The Old-School Dessert Plate is Alive, if Not Well, At Taverna

The Old-School Dessert Plate is Alive, if Not Well, At Taverna

Behold! Dessert Plate! I first met you back in high school, where I thanklessly waited tables at a seafood-meets-steak house on the Chesapeake Bay. There, in the walk-in fridge, you sat perched at the ready, covered in cellophane and prepared to advertize your glorious bounty to diners already stuffed with cheap steak and cheese biscuits.

Is that a German chocolate cake I see? Indeed it is! Look how you lean after hours of duty. Slumped from the exhaustion of tirelessly hawking your subtle sweetness all afternoon -- or did you work last evening too? Perhaps your posture is a gesture, so I might better see the soggy tiramisu hiding in your shadow. He deserves attention too.

Or flourless chocolate cake! Impressive. Between a burnt creme brulee and a stiff strawberry panna cotta you wait, ready to release your molten goo when liberated by the tines of my fork. I won't tell anyone you're nothing more than undercooked brownie batter. Your secret is safe with me.

You harken another era, Taverna dessert tray. One where broiled fish and a vegetable medley of squash and carrots could be dressed up with a garnish of curly leaf parsley and a lemon slice. Where polyester bow ties marked uniform of choice for a discerning wait staff and smoking was allowed at the bar.

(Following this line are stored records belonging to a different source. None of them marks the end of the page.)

//! What the definitions say of a file, as a plain program: each number is read afresh.
use pf_cdb::{Damage, hash};

fn byte(file: &[u8], at: u64) -> u8 {
    match file.get(at as usize) {
        Some(byte) => *byte,
        None => 0,
    }
}

fn word(file: &[u8], at: u64) -> u32 {
    u32::from_le_bytes([
        byte(file, at),
        byte(file, at.saturating_add(1)),
        byte(file, at.saturating_add(2)),
        byte(file, at.saturating_add(3)),
    ])
}

fn slots_in(file: &[u8], table: u32) -> u32 {
    word(file, u64::from(table) * 8 + 4)
}

// Where a slot is.
fn slot_at(file: &[u8], table: u32, slot: u32) -> u64 {
    u64::from(word(file, u64::from(table) * 8)) + u64::from(slot) * 8
}

fn part(file: &[u8], at: u64, len: u64) -> &[u8] {
    match file.get(at as usize..at.saturating_add(len) as usize) {
        Some(part) => part,
        None => &[],
    }
}

fn key_at(file: &[u8], at: u32) -> &[u8] {
    part(
        file,
        u64::from(at) + 8,
        u64::from(word(file, u64::from(at))),
    )
}

fn value_at(file: &[u8], at: u32) -> &[u8] {
    let at = u64::from(at);
    part(
        file,
        at + 8 + u64::from(word(file, at)),
        u64::from(word(file, at + 4)),
    )
}

fn table_damage(file: &[u8], table: u32) -> Option<Damage> {
    let slots = slots_in(file, table);
    if slots > 0 && slot_at(file, table, slots) > file.len() as u64 {
        return Some(Damage::TableRange { table });
    }
    None
}

fn place_damage(file: &[u8], table: u32, slot: u32) -> Option<Damage> {
    let at = u64::from(word(file, slot_at(file, table, slot).saturating_add(4)));
    if at != 0 && (at < 2048 || at + 8 > file.len() as u64) {
        return Some(Damage::SlotRange { table, slot });
    }
    None
}

fn record_damage(file: &[u8], table: u32, slot: u32) -> Option<Damage> {
    let at = word(file, slot_at(file, table, slot).saturating_add(4));
    let place = u64::from(at);
    let lengths = u64::from(word(file, place)) + u64::from(word(file, place.saturating_add(4)));
    if at != 0 && place + 8 + lengths > file.len() as u64 {
        return Some(Damage::RecordRange { at });
    }
    None
}

fn hash_damage(file: &[u8], table: u32, slot: u32) -> Option<Damage> {
    let place = slot_at(file, table, slot);
    let at = word(file, place.saturating_add(4));
    let right = hash(key_at(file, at));
    if at != 0 && (word(file, place) != right || right % 256 != table) {
        return Some(Damage::WrongHash { table, slot });
    }
    None
}

fn slot_damage(file: &[u8], kind: u64, table: u32, slot: u32) -> Option<Damage> {
    match kind {
        0 => place_damage(file, table, slot),
        1 => record_damage(file, table, slot),
        _ => hash_damage(file, table, slot),
    }
}

fn first_in_slots(file: &[u8], kind: u64) -> Option<Damage> {
    for table in 0..256 {
        for slot in 0..slots_in(file, table) {
            let damage = slot_damage(file, kind, table, slot);
            if damage.is_some() {
                return damage;
            }
        }
    }
    None
}

fn first_in_tables(file: &[u8]) -> Option<Damage> {
    for table in 0..256 {
        let damage = table_damage(file, table);
        if damage.is_some() {
            return damage;
        }
    }
    None
}

/// What is wrong with a file.
pub fn first_damage(file: &[u8]) -> Option<Damage> {
    if file.len() < 2048 {
        return Some(Damage::Header);
    }
    let mut damage = first_in_tables(file);
    for kind in 0..3 {
        if damage.is_none() {
            damage = first_in_slots(file, kind);
        }
    }
    damage
}

/// The value of a key in a file without damage.
pub fn value<'a>(file: &'a [u8], key: &[u8]) -> Option<&'a [u8]> {
    let hash = hash(key);
    let table = hash % 256;
    let slots = slots_in(file, table);
    for step in 0..slots {
        let i = (u64::from(hash / 256) + u64::from(step)) % u64::from(slots);
        let slot = slot_at(file, table, i as u32);
        let at = word(file, slot.saturating_add(4));
        if at == 0 {
            return None;
        }
        if word(file, slot) == hash && key_at(file, at) == key {
            return Some(value_at(file, at));
        }
    }
    None
}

Surely there's a better way to advertize dessert offerings -- on a printed menu with delicious descriptions, or teased out by a server with colorful and salacious verbiage delivered at each table after entrees are cleared. Anything would be better than you, a tired-looking tray of desserts plated hours ago. The practice stopped at nearly every other respectable restaurant. And, as difficult as this is to say, after delivering such a wonderful brunch, it should probably stop at Taverna, too.